Thought she had a great fare...

Was about a 50 mile Uber ride...

Note: two people placed him in the car..

Truly sad result...8>(

Rakos


----------



## Z129 (May 30, 2018)

Definitely don't let anybody pour a pax into your car. It never ends well.


----------



## uberdriverfornow (Jan 10, 2016)

i hope the driver doesn't get deactivated and doesn't blame herself

we aren't responsible for pax's actions


----------



## Disgusted Driver (Jan 9, 2015)

Yes that's a shame. This is why they tell you to pull over to a safe place before you let them out. I hope she was clear with the police that the passenger was acting irrationally and she feared for her ability to operate the car safely, e.t.c... Either way, being deactivated is the least of her concerns. She will be sued no matter what. Hopefully insurance will represent her in court.


----------



## Z129 (May 30, 2018)

It sounds like he demanded to be let out there and then. Drunks are unpredictable as I am sure we've all noticed. People like this are really prone to waking up and freaking out in our cars not really understanding where they are or who we are. I had a front seat pax pass out and almost punch me when he woke up at the drop-off. Then he jumped out, leaned back in and shook my hand.


----------



## Alexxx_Uber (Sep 3, 2018)

One day a paxhole exit my car in the middle of street eventhough I told her not to. She just ignored me an unlocked the door manually and left. Thanks god she left from the passenger side at least. 
I immediately reported her to Lyft as a danger to society. But I don’t really believe Lyft would do any action


----------



## Uber's Guber (Oct 22, 2017)

Sad drunken condition..... dying from alcohol poisoning was probably in his near future anyway.....


----------



## tohunt4me (Nov 23, 2015)

Rakos said:


> https://www.tampabay.com/news/publi...ed-while-stepping-into-i-75-traffic-20181119/
> 
> Just when you think your day...
> 
> ...


The DREADED

" PAX SPLAT"!


----------



## uberdriverfornow (Jan 10, 2016)

Disgusted Driver said:


> Yes that's a shame. This is why they tell you to pull over to a safe place before you let them out. I hope she was clear with the police that the passenger was acting irrationally and she feared for her ability to operate the car safely, e.t.c... Either way, being deactivated is the least of her concerns. She will be sued no matter what. Hopefully insurance will represent her in court.

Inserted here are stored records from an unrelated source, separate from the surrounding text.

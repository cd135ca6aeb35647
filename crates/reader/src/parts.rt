// What a reader reads, part by part.
ghost use Rattle.std.specs.Prelude.{◌≡◌, ◌<◌, ◌≤◌, length};
ghost use Rattle.style.specs.Codes.{code_at, length_of};
ghost use Rattle.style.specs.Style.{word_at, plane_of, number_at, style_at};
ghost use Rattle.style.specs.Fields.{size_in, rect_in};
ghost use Rattle.reader.specs.Reader.{style_of};

use crate::Reader;
use geometry::{Rect, Size};
use length::Length;

impl<'a> Reader<'a> {
    // A reader of the first node of these words, whose numbers are those of node j.
    pub fn at(words: &[u32], numbers: &'a [f32], j: usize) -> Reader<'a>
        requires { (4 ≤ length words.now) × (j < plane_of numbers.now) }
        ensures reads { result.numbers.now ≡ numbers.now }
        ensures style { style_of result ≡ style_at words.now 0 numbers.now j }
    {
        Reader {
            style: style::word_in(words, 0, style::STYLE),
            first: style::word_in(words, 0, style::UNITS),
            second: style::word_in(words, 0, style::MORE_UNITS),
            numbers,
            plane: numbers.len() / style::NUMBERS,
            node: j,
        }
    }

    // Number f.
    fn number(self, f: usize) -> f32
        requires { f < 28 }
        ensures { result ≡ number_at self.entry.numbers.now self.entry.node f }
    {
        style::number_in(self.numbers, self.plane, self.node, f)
    }

    // Field f, whose unit stands at k of a unit word.
    fn length(self, units: u32, k: u32, f: usize) -> Length
        requires { (k < 16) × (f < 28) }
        ensures { result ≡ length_of (code_at units k) (number_at self.entry.numbers.now self.entry.node f) }
    {
        style::length_from(style::code(units, k), self.number(f))
    }

    // Fields f and f + 1, whose units stand from k on.
    #[tactic(auto, unfolding(style::specs::Fields::size_in))]
    fn pair(self, units: u32, k: u32, f: usize) -> Size<Length>
        requires { (k < 15) × (f < 26) }
        ensures { result ≡ size_in units k self.entry.numbers.now self.entry.node f }
    {
        Size {
            width: self.length(units, k, f),
            height: self.length(units, k + 1, f + 1),
        }
    }

    // Four fields likewise.
    #[tactic(auto, unfolding(style::specs::Fields::rect_in))]
    fn sides(self, units: u32, k: u32, f: usize) -> Rect<Length>
        requires { (k < 13) × (f < 24) }
        ensures { result ≡ rect_in units k self.entry.numbers.now self.entry.node f }
    {
        Rect {
            top: self.length(units, k, f),
            right: self.length(units, k + 1, f + 1),
            bottom: self.length(units, k + 2, f + 2),
            left: self.length(units, k + 3, f + 3),
        }
    }

    #[tactic(auto, unfolding(crate::specs::Reader::style_by))]
    pub fn size(self) -> Size<Length>
        ensures { result ≡ (style_of self.entry).size }
    {
        self.pair(self.first, 0, 0)
    }

    #[tactic(auto, unfolding(crate::specs::Reader::style_by))]
    pub fn min(self) -> Size<Length>
        ensures { result ≡ (style_of self.entry).min }
    {
        self.pair(self.first, 2, 2)
    }

    #[tactic(auto, unfolding(crate::specs::Reader::style_by))]
    pub fn max(self) -> Size<Length>
        ensures { result ≡ (style_of self.entry).max }
    {
        self.pair(self.first, 4, 4)
    }

    #[tactic(auto, unfolding(crate::specs::Reader::style_by))]
    pub fn margin(self) -> Rect<Length>
        ensures { result ≡ (style_of self.entry).margin }
    {
        self.sides(self.first, 6, style::MARGIN)
    }

    #[tactic(auto, unfolding(crate::specs::Reader::style_by))]
    pub fn padding(self) -> Rect<Length>
        ensures { result ≡ (style_of self.entry).padding }
    {
        self.sides(self.first, 10, style::PADDING)
    }

    #[tactic(auto, unfolding(crate::specs::Reader::style_by))]
    pub fn border(self) -> Rect<Length>
        ensures { result ≡ (style_of self.entry).border }
    {
        self.sides(self.second, 0, style::BORDER)
    }

    #[tactic(auto, unfolding(crate::specs::Reader::style_by))]
    pub fn inset(self) -> Rect<Length>
        ensures { result ≡ (style_of self.entry).inset }
    {
        self.sides(self.second, 4, style::INSET)
    }

    // One side alone.
    #[tactic(auto, unfolding(crate::specs::Reader::style_by, style::specs::Fields::rect_in))]
    pub fn margin_top(self) -> Length
        ensures { result ≡ (style_of self.entry).margin.top }
    {
        self.length(self.first, 6, 6)
    }

    #[tactic(auto, unfolding(crate::specs::Reader::style_by, style::specs::Fields::rect_in))]
    pub fn margin_right(self) -> Length
        ensures { result ≡ (style_of self.entry).margin.right }
    {
        self.length(self.first, 7, 7)
    }

    #[tactic(auto, unfolding(crate::specs::Reader::style_by, style::specs::Fields::rect_in))]
    pub fn margin_bottom(self) -> Length
        ensures { result ≡ (style_of self.entry).margin.bottom }
    {
        self.length(self.first, 8, 8)
    }

    #[tactic(auto, unfolding(crate::specs::Reader::style_by, style::specs::Fields::rect_in))]
    pub fn margin_left(self) -> Length
        ensures { result ≡ (style_of self.entry).margin.left }
    {
        self.length(self.first, 9, 9)
    }

    #[tactic(auto, unfolding(crate::specs::Reader::style_by, style::specs::Fields::rect_in))]
    pub fn padding_right(self) -> Length
        ensures { result ≡ (style_of self.entry).padding.right }
    {
        self.length(self.first, 11, 11)
    }

    #[tactic(auto, unfolding(crate::specs::Reader::style_by, style::specs::Fields::rect_in))]
    pub fn padding_left(self) -> Length
        ensures { result ≡ (style_of self.entry).padding.left }
    {
        self.length(self.first, 13, 13)
    }

    #[tactic(auto, unfolding(crate::specs::Reader::style_by, style::specs::Fields::rect_in))]
    pub fn border_right(self) -> Length
        ensures { result ≡ (style_of self.entry).border.right }
    {
        self.length(self.second, 1, 15)
    }

    #[tactic(auto, unfolding(crate::specs::Reader::style_by, style::specs::Fields::rect_in))]
    pub fn border_left(self) -> Length
        ensures { result ≡ (style_of self.entry).border.left }
    {
        self.length(self.second, 3, 17)
    }

    #[tactic(auto, unfolding(crate::specs::Reader::style_by))]
    pub fn ratio(self) -> Option<f32>
        ensures { result ≡ (style_of self.entry).ratio }
    {
        style::ratio_from(self.number(style::RATIO))
    }

    #[tactic(auto, unfolding(crate::specs::Reader::style_by))]
    pub fn scrollbar(self) -> f32
        ensures { result ≡ (style_of self.entry).scrollbar }
    {
        self.number(style::SCROLLBAR)
    }
}
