// A node's style read part by part: a step takes what it asks for, and the whole is never copied.
#![tactic(auto)]

mod parts;

ghost use Rattle.std.specs.Prelude.{◌≡◌, ◌<◌, ◌≤◌, length};
ghost use Rattle.style.specs.Codes.{code_at, kind_of};
ghost use Rattle.style.specs.Flow.{flow_at, is_leaf};
ghost use Rattle.style.specs.Style.{word_at, plane_of};

use style::Flow;

// A node's three words, and where its numbers stand.
#[derive(Clone, Copy)]
pub struct Reader<'a> {
    pub style: u32,
    pub first: u32,
    pub second: u32,
    pub numbers: &'a [f32],
    pub plane: usize,
    pub node: usize,
    // Its planes are those of its numbers, and its node is one of them.
    ghost planes: { plane ≡ plane_of numbers.now },
    ghost one_of: { node < plane },
}

// Is the first node of these words a leaf?
pub fn is_leaf(words: &[u32]) -> bool
    requires { 4 ≤ length words.now }
    ensures { result ≡ is_leaf (kind_of (code_at (word_at words.now 0 1) 0)) }
{
    style::is_leaf(style::kind_of(style::word_in(words, 0, style::STYLE)))
}

// How the first node of these words takes part.
pub fn flow(words: &[u32]) -> Flow
    requires { 4 ≤ length words.now }
    ensures { result ≡ flow_at (word_at words.now 0 1) }
{
    style::flow_at(style::word_in(words, 0, style::STYLE))
}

Exactly what cause of action does the pax have against the driver ?


----------



## Tr4vis Ka1anick (Oct 2, 2016)

tohunt4me said:


> The DREADED
> 
> " PAX SPLAT"!


----------



## The Gift of Fish (Mar 17, 2017)

tohunt4me said:


> The DREADED
> 
> " PAX SPLAT"!


Cleaning fee?


----------



## Disgusted Driver (Jan 9, 2015)

uberdriverfornow said:


> Exactly what cause of action does the pax have against the driver ?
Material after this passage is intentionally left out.